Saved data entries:
== Segment start ==
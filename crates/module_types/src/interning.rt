//! Groups of a list of types, interned under their ids.

ghost use Rattle.std.specs.Prelude.{◌≡◌, ◌↔◌, ◌<◌, length, IfOk, IsOk, IsSome, OnOk, OnErr, Err, true, false};
ghost use Rattle.form_types.specs.Types.{types_by_id};
ghost use Rattle.wasm_index.specs.Index.{number_of, index_of};
ghost use Rattle.module_types.specs.Conversion.{members_of, group_of_id, interned_members, interned_index, HoldsGroups, NamesInterned};
ghost use Rattle.module_types.specs.Builder.{builder_view, group_index, interns};

use crate::builder::ModuleTypesBuilder;
use crate::error::BuildError;
use crate::group_converter::GroupConverter;
use form_types::{RecGroupId, Types};
use wasm_index::{ModuleInternedRecGroupIndex, ModuleInternedTypeIndex};
use wasm_spec::CoreTypeId;

impl ModuleTypesBuilder {
    // The ids of a list of types, as they are looked up now.
    pub(crate) fn looking_up<'a>(&'a self, types: &'a Types) -> GroupConverter<'a>
        ensures list { result.list.now ≡ self.now.list }
        ensures ids { result.ids.now ≡ self.now.ids }
        ensures types { result.types.now ≡ types.now }
        ensures next { result.next ≡ index_of (length self.now.list.types) }
    {
        GroupConverter {
            list: &self.interner.list,
            ids: &self.ids,
            types,
            next: self.interner.list.next_ty(),
        }
    }

    /// Interns a group of a list of types, and gives its index. Where its id is held nothing
    /// changes; a new group is appended, and then the trampolines that are missing.
    ///
    /// # Errors
    /// `OutOfMemory`, and from then on `Poisoned`.
    pub fn intern_rec_group(
        &mut self,
        types: &Types,
        id: RecGroupId,
    ) -> Result<ModuleInternedRecGroupIndex, BuildError>
        requires known { id.0 < length types.now.groups }
        requires filled { 0 < length (members_of types.now id.0) }
        requires holds { HoldsGroups types.now (builder_view self.old) }
        requires named { NamesInterned types.now (builder_view self.old) id.0 }
        requires room { self.old.is_poisoned ≡ false → length (interns (builder_view self.old) id.0 (interned_members types.now (builder_view self.old) id.0)).built.types < u32.MAX }
        ensures index { IfOk result (λ k. number_of k ≡ group_index (builder_view self.old) id.0) }
        ensures interned { OnOk result (builder_view self.new ≡ interns (builder_view self.old) id.0 (interned_members types.now (builder_view self.old) id.0)) }
        ensures held { self.old.is_poisoned ≡ false → IsSome ((builder_view self.old).ids id.0) → IsOk result }
        ensures poisoned { (result ≡ Err BuildError.Poisoned) ↔ (self.old.is_poisoned ≡ true) }
        ensures err { OnErr result (self.new.is_poisoned ≡ true) }
    {
        if self.poisoned {
            return Err(BuildError::Poisoned);
        }
        if let Some(found) = self.ids.get(id.0) {
            return Ok(found);
        }
        self.poisoned = true;
        let next = self.interner.list.next_rec_group();
        self.interner.push_group(self.alloc, &self.ids, types, id)?;
        self.ids.note(id.0, next)?;
        self.poisoned = false;
        Ok(next)
    }

    /// Interns the group of a type, as `intern_rec_group` does, and gives the type's index.
    ///
    /// # Errors
    /// `OutOfMemory`, and from then on `Poisoned`.
    pub fn intern_type(
        &mut self,
        types: &Types,
        id: CoreTypeId,
    ) -> Result<ModuleInternedTypeIndex, BuildError>
        requires known { id.0 < length (types_by_id types.now.groups) }
        requires holds { HoldsGroups types.now (builder_view self.old) }
        requires named { NamesInterned types.now (builder_view self.old) (group_of_id types.now id.0) }
        requires room { self.old.is_poisoned ≡ false → length (interns (builder_view self.old) (group_of_id types.now id.0) (interned_members types.now (builder_view self.old) (group_of_id types.now id.0))).built.types < u32.MAX }
        ensures index { IfOk result (λ k. number_of k ≡ interned_index types.now (builder_view self.new) id.0) }
        ensures interned { OnOk result (builder_view self.new ≡ interns (builder_view self.old) (group_of_id types.now id.0) (interned_members types.now (builder_view self.old) (group_of_id types.now id.0))) }
        ensures held { self.old.is_poisoned ≡ false → IsSome ((builder_view self.old).ids (group_of_id types.now id.0)) → IsOk result }
        ensures poisoned { (result ≡ Err BuildError.Poisoned) ↔ (self.old.is_poisoned ≡ true) }
        ensures err { OnErr result (self.new.is_poisoned ≡ true) }
    {
        let group = types.rec_group_id_of(id);
        self.intern_rec_group(types, group)?;
        Ok(self.looking_up(types).index_of(id))
    }
}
== Segment end ==
> [WORK TO BE COMPLETED]:
What you return must be an exact retyping of the lines above starting at the line with "(builder_view self.old) id.0)).built.types" and ending at the line with "self.new ≡ interns (builder_view self.old) id.0", and nothing besides.

> [RESULT OF THIS EXERCISE]:
        requires room { self.old.is_poisoned ≡ false → length (interns (builder_view self.old) id.0 (interned_members types.now (builder_view self.old) id.0)).built.types < u32.MAX }
        ensures index { IfOk result (λ k. number_of k ≡ group_index (builder_view self.old) id.0) }
        ensures interned { OnOk result (builder_view self.new ≡ interns (builder_view self.old) id.0 (interned_members types.now (builder_view self.old) id.0)) }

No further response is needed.